Collect every line in the records below that contains the word "ParseError".

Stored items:
....

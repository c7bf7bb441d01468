//! The "after head" insertion mode (HTML Standard, section 13.2.6.4.6).
ghost use Rattle.std.specs.Prelude.{◌≡◌};
ghost use Rattle.html_rules.specs.Modes.AfterHead.{after_head};
ghost use Rattle.html_modes.specs.Tables.{rows_of};

use crate::table::Action::{
    AppendComment, AppendText, FramesetNotOk, InsertElement, InsertNew, Nothing, ParseError,
    PushHeadElem, RemoveHeadElem, SwitchTo,
};
use crate::table::Class::{AnyEndTag, AnythingElse, Comment, EndTags, StartTags, WhiteSpace};
use crate::table::Conclusion::{Done, Reprocess, Using, UsingThen};
use crate::table::{Implied, Row, row};
use html_rules::{InsertionMode, TagSet};

const AFTER_HEAD: &[Row] = &[
    row!(WhiteSpace, [AppendText], Done),
    row!(Comment, [AppendComment], Done),
    row!(
        StartTags(TagSet::Html),
        [Nothing],
        Using(InsertionMode::InBody)
    ),
    row!(
        StartTags(TagSet::Body),
        [
            InsertElement,
            FramesetNotOk,
            SwitchTo(InsertionMode::InBody)
        ],
        Done
    ),
    row!(
        StartTags(TagSet::Frameset),
        [InsertElement, SwitchTo(InsertionMode::InFrameset)],
        Done
    ),
    row!(
        StartTags(TagSet::HeadContent),
        [ParseError, PushHeadElem],
        UsingThen(InsertionMode::InHead, RemoveHeadElem)
    ),
    row!(
        EndTags(TagSet::Template),
        [Nothing],
        Using(InsertionMode::InHead)
    ),
    row!(
        EndTags(TagSet::BodyHtmlBr),
        [InsertNew(Implied::Body)],
        Reprocess(InsertionMode::InBody)
    ),
    row!(StartTags(TagSet::Head), [ParseError], Done),
    row!(AnyEndTag, [ParseError], Done),
    row!(
        AnythingElse,
        [InsertNew(Implied::Body)],
        Reprocess(InsertionMode::InBody)
    ),
];

/// The rows.
pub(crate) fn rows() -> &'static [Row]
    ensures { rows_of result.now ≡ after_head }
{
    AFTER_HEAD
}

....

*Task output*.
    AppendComment, AppendText, FramesetNotOk, InsertElement, InsertNew, Nothing, ParseError,
        [ParseError, PushHeadElem],
    row!(StartTags(TagSet::Head), [ParseError], Done),
    row!(AnyEndTag, [ParseError], Done),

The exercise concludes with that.